Yamandu + Dominguinhos (dir. Maurício Valim, 2007). Yamandu Costa (seven-string guitar) and Dominguinhos (accordion), recorded in concert. I love hearing great players play in twos: I don’t think there’s a better way to see musical empathy in action. This performance offers one highlight after another, with endless virtuosity, wit, and joy. Out of print (I think) but available at YouTube.

Related reading
All OCA film posts (Pinboard)
Fourteen films : Thirteen more : Twelve more : Another thirteen more : Another dozen : Yet another dozen : Another twelve : And another twelve : Still another twelve : Oh wait, twelve more : Twelve or thirteen more : Nine, ten, eleven — and that makes twelve : Another twelve : And twelve more : Is there no end? No, there’s another twelve : Wait, there’s another twelve : And twelve more

Tuesday, May 30, 2017

“Lamento Sertanejo”

This song is in my head and heart and shows no sign of leaving: “Lamento Sertanejo,” music by Dominguinhos, lyrics by Gilberto Gil. It’s a song of alienation and dispossession whose title might be translated as “Countryman’s Lament.” I am on shaky ground here about everything but my love of this song.

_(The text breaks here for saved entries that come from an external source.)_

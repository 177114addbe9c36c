//! A try of a ticket lock: it gets the object where nobody is in line, and doesn't wait.

ghost use Rattle.std.specs.Prelude.{◌≡◌, true, false, IfOk, IfErr};
ghost use Rattle.word_rule.specs.{Answered.IsBusy, Ticket.Steps.IsTry, Passes.{view_of_pass, run_of_pass, state_of_pass, state_of_hold}};
ghost use Rattle.ticket_lock.specs.Passes.{IsPassOf, IsTryingOf, IsHoldOf, view_of_trying, state_of_trying};

use crate::cell::TicketCell;
use crate::rule::{Read, Try};
use crate::states::Trying;
use event_log::SeqObject;
use word_rule::{Hold, Inside, Pass, TICKETS, next_ticket, served_ticket};

impl<O: SeqObject> TicketCell<O> {
    /// Reads the word: one load. Where its halves differ somebody is in line, and there is nothing to try.
    pub fn read(&self, pass: Pass<O>) -> Result<Trying<O>, Pass<O>>
        requires { IsPassOf self.now pass }
        ensures trying { IfOk result (λ t. IsTryingOf self.now t × (view_of_trying t ≡ view_of_pass pass) × ((state_of_trying t).run ≡ run_of_pass pass)) }
        ensures busy { IfErr result (λ p. IsPassOf self.now p × IsBusy (view_of_pass pass) (view_of_pass p) × (run_of_pass p ≡ run_of_pass pass)) }
    {
        let mut outside = pass.outside;
        let word = self.table.read::<Read>(&mut outside.seat, 0);
        if next_ticket(word) == served_ticket(word) {
            Ok(Trying { outside, word })
        } else {
            Err(Pass { outside })
        }
    }

    /// Takes the ticket that is served, if the word is still the one that was read: one compare-and-exchange. The object
    /// comes then; a caller that owns every number of the cell gets it.
    pub fn exchange(&self, trying: Trying<O>) -> Result<Hold<O>, Pass<O>>
        requires { IsTryingOf self.now trying }
        ensures got { IfOk result (λ h. IsHoldOf self.now h × IsTry O.SeqObject (state_of_trying trying) (state_of_hold h) true) }
        ensures busy { IfErr result (λ p. IsPassOf self.now p × IsTry O.SeqObject (state_of_trying trying) (state_of_pass p) false) }
    {
        let Trying { mut outside, word } = trying;
        let found = self
            .table
            .try_exchange::<Try>(&mut outside.seat, 0, word, word.wrapping_add(TICKETS));
        if found == word {
            let (logged, loan) = self.table.take(&mut outside.seat);
            let inside = Inside {
                outside,
                logged,
                loan,
            };
            let ticket = served_ticket(word);
            Ok(Hold {
                inside,
                mark: ticket,
            })
        } else {
            Err(Pass { outside })
        }
    }
}
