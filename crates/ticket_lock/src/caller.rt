//! A caller of a ticket lock that keeps its own state.

use crate::states::Drawn;
use event_log::SeqObject;
use word_rule::{Hold, Pass};

/// A caller in any state of the lock. It can't be dropped.
pub enum TicketCaller<O: SeqObject> {
    /// It is idle: it isn't in line and doesn't hold the lock.
    Idle(Pass<O>),
    /// It is in line.
    Drawn(Drawn<O>),
    /// It holds the lock.
    Holding(Hold<O>),
}
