// What the counters of a task table and its occupied slots are, told from the calls that were made: definitions and theorems only. There is no code here.
#![tactic(auto)]
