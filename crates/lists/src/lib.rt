// Definitions and laws on lists that every crate above shares. There is no code here.
#![tactic(auto)]
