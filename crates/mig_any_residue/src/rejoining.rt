//! The residue of any optic is rejoined with foci.
ghost use Rattle.std.specs.Prelude.{◌≡◌, IfOk, length, map};
ghost use Rattle.mig_value.specs.View.{typed_of};
ghost use Rattle.mig_path.specs.Rest.{join, joins, FitsFoci, groups_of, total, AreFormed};
ghost use Rattle.mig_any_residue.specs.HeldView.{group_pair};

use crate::AnyResidue;
use crate::any_residue::{AnyGroup, Held};
use mig_path::{Memory, Optic, Value, only};
use mig_typed_optic::{Cross, Each, take_front};
use std::alloc::Global;

/// Rejoins the foci with the residue of any optic.
#[cycle(rejoin)]
pub fn rejoin_any<'a>(
    alloc: Global,
    foci: Vec<Value<'a>>,
    residue: AnyResidue<'a>,
) -> Result<Value<'a>, Memory>
    requires { FitsFoci residue (length foci.items) }
    ensures { IfOk result (λ w. typed_of w ≡ join residue.entry (map typed_of foci.entry.items)) }
{
    match residue.into_held() {
        Held::Whole => Ok(only(foci)),
        Held::Field(hole) => Ok(hole.fill(only(foci))),
        Held::May(rest) => Ok(rest.rejoin(foci)),
        Held::Case(rest) => Ok(rest.rejoin(foci)),
        Held::Each(rest) => Each.rejoin(alloc, foci, rest),
        Held::Side(rest) => Ok(rest.rejoin(foci)),
        Held::Cross(rest) => Cross.rejoin(alloc, foci, rest),
        Held::Both(outer, inner) => {
            let values = rejoin_each(alloc, foci, inner.into_vec())?;
            rejoin_any(alloc, values, Box::into_inner(outer))
        }
    }
}

/// Rejoins each residue with its foci, which follow one another in the list.
#[cycle(rejoin)]
fn rejoin_each<'a>(
    alloc: Global,
    foci: Vec<Value<'a>>,
    groups: Vec<AnyGroup<'a>>,
) -> Result<Vec<Value<'a>>, Memory>
    requires formed { AreFormed (groups_of (map group_pair groups.items)) }
    requires enough { length foci.items ≡ total (groups_of (map group_pair groups.items)) }
    ensures { IfOk result (λ values. map typed_of values.items
        ≡ joins (groups_of (map group_pair groups.entry.items)) (map typed_of foci.entry.items)) }
{
    let mut reversed = foci;
    reversed.reverse();
    let mut values = Vec::new(alloc);
    for group in groups {
        let AnyGroup { count, residue } = group;
        let front = take_front(alloc, &mut reversed, count)?;
        values.push(rejoin_any(alloc, front, residue)?)?;
    }
    Ok(values)
}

Here are the lyrics, in Portuguese and in English translation. And here are my two favorite performances of the song from YouTube. There are many, many more.


Dominguinhos, accordion; Gilberto Gil, guitar and voice. October 2010.


Mayra Andrade, voice; Yamandu Costa, seven-string guitar; Hamilton de Holanda, bandolim. Dominguinhos is the audience. August 2011.

I’m waiting on a two-CD anthology of Dominguinhos’s music. There’s no stopping.

[A sertanejo is an inhabitant of the sertão, a region in northeast Brazil. In this song the sertanejo is a long way from home. A Google Image search for sertanejo returns many cowboy hats, so perhaps “Cowboy’s Lament”? I found my way to the first performance via Richard McLeese’s Music Clip of the Day. A Flickr photograph let me date the second performance.]